The Crash Detectives
Page 16
It had become clear to Hersman that the lithium-ion cells in the Dreamliner battery box—the cells Boeing was supposed to coddle like a temperamental child, the cells the FAA warned had characteristics that “could affect their safety and reliability”—had just done the very thing they were not supposed to do under any circumstances: heat up uncontrollably. In Boston, which was the incident the NTSB would investigate, this had caused a very-high-temperature chain reaction that destroyed the entire eight-cell assembly.
“These events should not happen as far as design of the aircraft is concerned,” Hersman told reporters. “There are multiple systems to protect against a battery event like this. Those systems did not work as intended. We need to understand why.”
This was not as easy as it sounded. Every air accident may be different, but there are common investigative themes: mechanical, operational, organizational. The mystery on the Boeing 787 wasn’t about the physics of flight or the human operation of the plane. This was a puzzle about complex electrochemistry. When Hersman’s investigators in America and their counterparts in Japan set about to educate themselves on the topic, they quickly found that many of the experts had already been hired by Boeing. Though it had eschewed outside advice during the development phase, the company was now assembling advisory committees and review boards and scooping up spare batteries for its own testing.
Dana Schulze, deputy director of aviation safety at the NTSB, said getting up to speed for her investigation was frustrating. Still, she showed remarkable understanding of Boeing’s point of view.
“Our job is safety, but it’s hard to argue that the priority was getting this plane back in the air,” she told me. “At the same time, we had an investigation to conduct and wanted to be sure that the safety issues were addressed.”

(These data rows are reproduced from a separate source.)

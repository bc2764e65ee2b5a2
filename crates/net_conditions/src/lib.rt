//! Whether the signals, latches and resets of a network are what `net_model` wants of them: no signal is driven twice,
//! each one that is used is driven, and so on. Each condition has a test of its own, so that a reader can say which fails.
#![tactic(auto)]

mod acceptance;
mod conditions;
mod known;
mod latches;
mod resets;
mod signal_lists;
mod signals;
mod spreading;
mod varying;

pub use acceptance::{accepting_signal, has_acceptance, is_acceptance_met};
pub use conditions::{are_uses_driven, is_driven_once, is_reset_once, meets_conditions};
pub use known::has_known_signals;
pub use latches::{has_equal_sizes, have_equal_sizes};
pub use resets::{are_resets, is_reset};
pub use signals::{Signals, are_distinct, driven_signals, latch_output_signals};
pub use varying::varying_signals;
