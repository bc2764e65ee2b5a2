//! The one thing that the tests of this crate want of a network: its signals have names.

ghost use Rattle.std.specs.Prelude.{◌<◌, ◌↔◌, [], ◌∷◌, map, All, IsTrue};
ghost use Rattle.net_model.specs.Conditions.{columns_of};
ghost use Rattle.net_model.specs.Nets.{table_of, latch_of, net_of};
ghost use Rattle.net_model.specs.SoundNets.{HasKnownSignals};

use name_table::VarId;
use net_model::{Latch, Net, Table};

/// Whether each signal of the network has a name. What a reader makes is so by the way it is made.
pub fn has_known_signals(net: &Net) -> bool
    ensures { IsTrue result ↔ HasKnownSignals (net_of net.now) }
{
    let count = net.names.len();
    are_below(count, &net.inputs)
        && are_below(count, &net.outputs)
        && have_columns_below(count, &net.tables)
        && have_ends_below(count, &net.latches)
        && have_columns_below(count, &net.resets)
}

fn are_below(count: u32, signals: &[VarId]) -> bool
    ensures { IsTrue result ↔ All (λ signal. signal < count) (map (λ v. v.0) signals.now) }
{
    signals.iter().all(|signal| signal.0 < count)
}

fn has_columns_below(count: u32, table: &Table) -> bool
    ensures { IsTrue result ↔ All (λ signal. signal < count) (columns_of (table_of table.now)) }
{
    are_below(count, &table.ins) && are_below(count, &table.outs)
}

fn have_columns_below(count: u32, tables: &[Table]) -> bool
    ensures { IsTrue result ↔ All (λ table. All (λ signal. signal < count) (columns_of table)) (map table_of tables.now) }
{
    tables.iter().all(|table| has_columns_below(count, table))
}

fn has_ends_below(count: u32, latch: &Latch) -> bool
    ensures { IsTrue result ↔ All (λ signal. signal < count) (latch.now.input.0 ∷ latch.now.output.0 ∷ []) }
{
    latch.input.0 < count && latch.output.0 < count
}

fn have_ends_below(count: u32, latches: &[Latch]) -> bool
    ensures { IsTrue result ↔ All (λ latch. All (λ signal. signal < count) (latch.input ∷ latch.output ∷ [])) (map latch_of latches.now) }
{
    latches.iter().all(|latch| has_ends_below(count, latch))
}
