/// What retired: the stamp of the entry, whether the context is parked, and how many younger ones were dropped with it.
#[derive(Clone, Copy)]
pub struct Retired {
    /// Its stamp.
    pub stamp: u64,
    /// Whether the context came to its target, and is parked.
    pub parked: bool,
    /// How many entries were dropped: all that were left, where it is parked.
    pub dropped: usize,
}

/// The oldest entry, which is done with a step, retires. A branch or jump is shown to the guess. At the target the
/// context is parked.
#[inline(always)]
pub fn retire<A: Allocator, G: Guess>(
    flow: &mut DataFlow<A>,
    track: &mut Track<A>,
    guess: &mut G,
    context: Ctx,
) -> Retired
    requires core { IsIdleCore flow.old context track.old }
    requires done { IsGoing (first_done track.old.context.flight) }
    ensures track { track.new ≡ retired track.old (step_on (first_done track.old.context.flight)) }
    ensures event { IsEventAt context flow.old flow.new track.old track.new }
    ensures stamp { result.stamp ≡ (entry_at track.old.context 0).stamp }
    ensures parked { result.parked ≡ is_last track.old.context }
    ensures dropped { result.dropped + 1 + length track.new.context.flight ≡ length track.old.context.flight }
    ensures state { guess.new ≡ when_shown (entry_at track.old.context 0).operation (λ insn. G.after_learn guess.old context (entry_at track.old.context 0).pc insn (step_on (first_done track.old.context.flight)).next) guess.old }
{
    let stamp = track.step(guess, context);
    flow.commit(context);
    if track.is_at_target() {
        let dropped = park(flow, track, context);
        return Retired {
            stamp,
            parked: true,
            dropped,
        };
    }
    Retired {
        stamp,
        parked: false,
        dropped: 0,
    }
}
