// A pair and a filling that land in a blocked cube, read off the free bits that solve the query.
ghost use Rattle.std.specs.Prelude.{◌≡◌, ℕ, ◌+◌, ◌<◌, ◌≤◌, ◌++◌, length, take, drop, IfOk};
ghost use Rattle.std.specs.List.{All, AllZip};
ghost use Rattle.rst_value.specs.Terns.{StandsFor};
ghost use Rattle.rst_gate.specs.Machine.{IsWord, after};
ghost use Rattle.rst_gate.specs.Patterns.{IsPattern, free_bits, filled, IsFilling};
ghost use Rattle.rst_pair.specs.declared.query.Query.TheVariants.{LandFree};
ghost use Rattle.rst_pair.specs.Sides.{AreSides, IsPair, left_machine, right_machine};
ghost use Rattle.rst_pair.specs.Hops.{cubes_of, cube_at};
ghost use Rattle.rst_pair.specs.Queries.{IsQueryCase};
ghost use Rattle.rst_pose.specs.Posing.{IsPosable};
ghost use Rattle.rst_landing.specs.Landings.{journal_of, HasLanded, IsOutside};
ghost use Rattle.rst_landing.specs.Models.{IsFirstHolding, IsReadOf};

use crate::Landing;
use rst_gate::{Bits, Pattern, Sequence, filled, has};
use rst_outside::NoMemory;
use rst_pair::{Front, Hop, Journal, Pair};
use rst_sim::two_run;
use std::alloc::Global;

// Two power-up states, and a filling of the pattern.
#[derive(Drop)]
pub(crate) struct Start {
    pub(crate) a: Bits,
    pub(crate) b: Bits,
    pub(crate) fill: Sequence,
}

// The states and the filling that the free bits of the query are.
fn start_of(alloc: Global, pair: &Pair, seq: &Pattern, bits: &[bool]) -> Result<Start, NoMemory>
    requires { length bits.now ≡ pair.now.left.states + pair.now.right.states + free_bits seq.now }
    ensures { IfOk result (λ s. IsReadOf pair.now seq.now bits.now s) }
{
    let left = pair.left;
    let right = pair.right;
    let first = left.states as usize;
    let both = first + right.states as usize;
    let fill = filled(alloc, seq, &bits[both..])?;
    let a = Bits::from_slice(alloc, &bits[..first])?;
    let b = Bits::from_slice(alloc, &bits[first..both])?;
    Ok(Start { a, b, fill })
}

// The states of both sides behind the filling, the left one first.
fn end_of(alloc: Global, pair: &Pair, start: &Start) -> Result<Bits, NoMemory>
    requires states { IsPair pair.now start.now.a start.now.b }
    requires word { IsWord (left_machine pair.now) start.now.fill }
    ensures { IfOk result (λ both. both ≡ after (left_machine pair.now) start.now.a start.now.fill ++ after (right_machine pair.now) start.now.b start.now.fill) }
{
    let left = pair.left;
    let right = pair.right;
    let first = two_run(alloc, left, &start.a, &start.fill)?;
    let second = two_run(alloc, right, &start.b, &start.fill)?;
    let mut both = Vec::from_slice(alloc, first.last.as_slice())?;
    both.extend_from_slice(second.last.as_slice())?;
    Ok(Bits::from_vec(both))
}

// The number of the first hop whose cube holds the pair, of which there is one.
fn first_holding(hops: &[Hop], both: &Bits) -> u32
    requires wide { All (λ cube. length cube ≡ length both.now) (cubes_of hops.now) }
    requires few { length hops.now ≤ 100000 }
    requires some { (i : ℕ) × (i < length hops.now) × AllZip StandsFor (cube_at hops.now i) both.now }
    ensures { IsFirstHolding hops.now both.now result }
{
    for i in 0..hops.len() {
        if has(&hops[i].cube, both) {
            return i as u32;
        }
    }
    unreachable!()
}

// Both sides are circuits with the same ports.
pub(crate) fn are_sides(pair: &Pair)
    ensures { AreSides pair.now }
{
    let left = pair.left;
    let right = pair.right;
    let _first = left.states;
    let _second = right.states;
}

// The answer that bits which are a case of the query give.
pub(crate) fn outside(
    alloc: Global,
    pair: &Pair,
    front: &Front,
    seq: &Pattern,
    bits: &[bool],
    journal: Journal,
) -> Result<Landing, NoMemory>
    requires posable { IsPosable pair.now front.now (LandFree seq.now) }
    requires case { IsQueryCase pair.now front.now (LandFree seq.now) bits.now }
    ensures lands { IfOk result (λ a. HasLanded pair.now front.now seq.now a) }
    ensures journal { IfOk result (λ a. journal_of a ≡ journal) }
    ensures outside { IfOk result (λ a. IsOutside a) }
{
    are_sides(pair);
    let start = start_of(alloc, pair, seq, bits)?;
    let both = end_of(alloc, pair, &start)?;
    let cube = first_holding(front.blocked.as_slice(), &both);
    Ok(Landing::Outside {
        a: start.a,
        b: start.b,
        fill: start.fill,
        cube,
        journal,
    })
}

Judy Jeevarajan was one of those experts who found herself on the receiving end of a call from Boeing. From 2011 to 2015, she was battery group lead for safety and advanced technology at NASA. Part of her job was to study and publish articles on how to use lithium-ion batteries safely in a manned space environment. Because the batteries are so much larger and more powerful than those used on personal devices, when they go bad, they have the potential to trigger catastrophe. Jeevarajan’s job was to manage those risks on the International Space Station by critically assessing the battery at three levels: the individual cell, the cells as a unit (the battery), and the electrical system into which they were integrated.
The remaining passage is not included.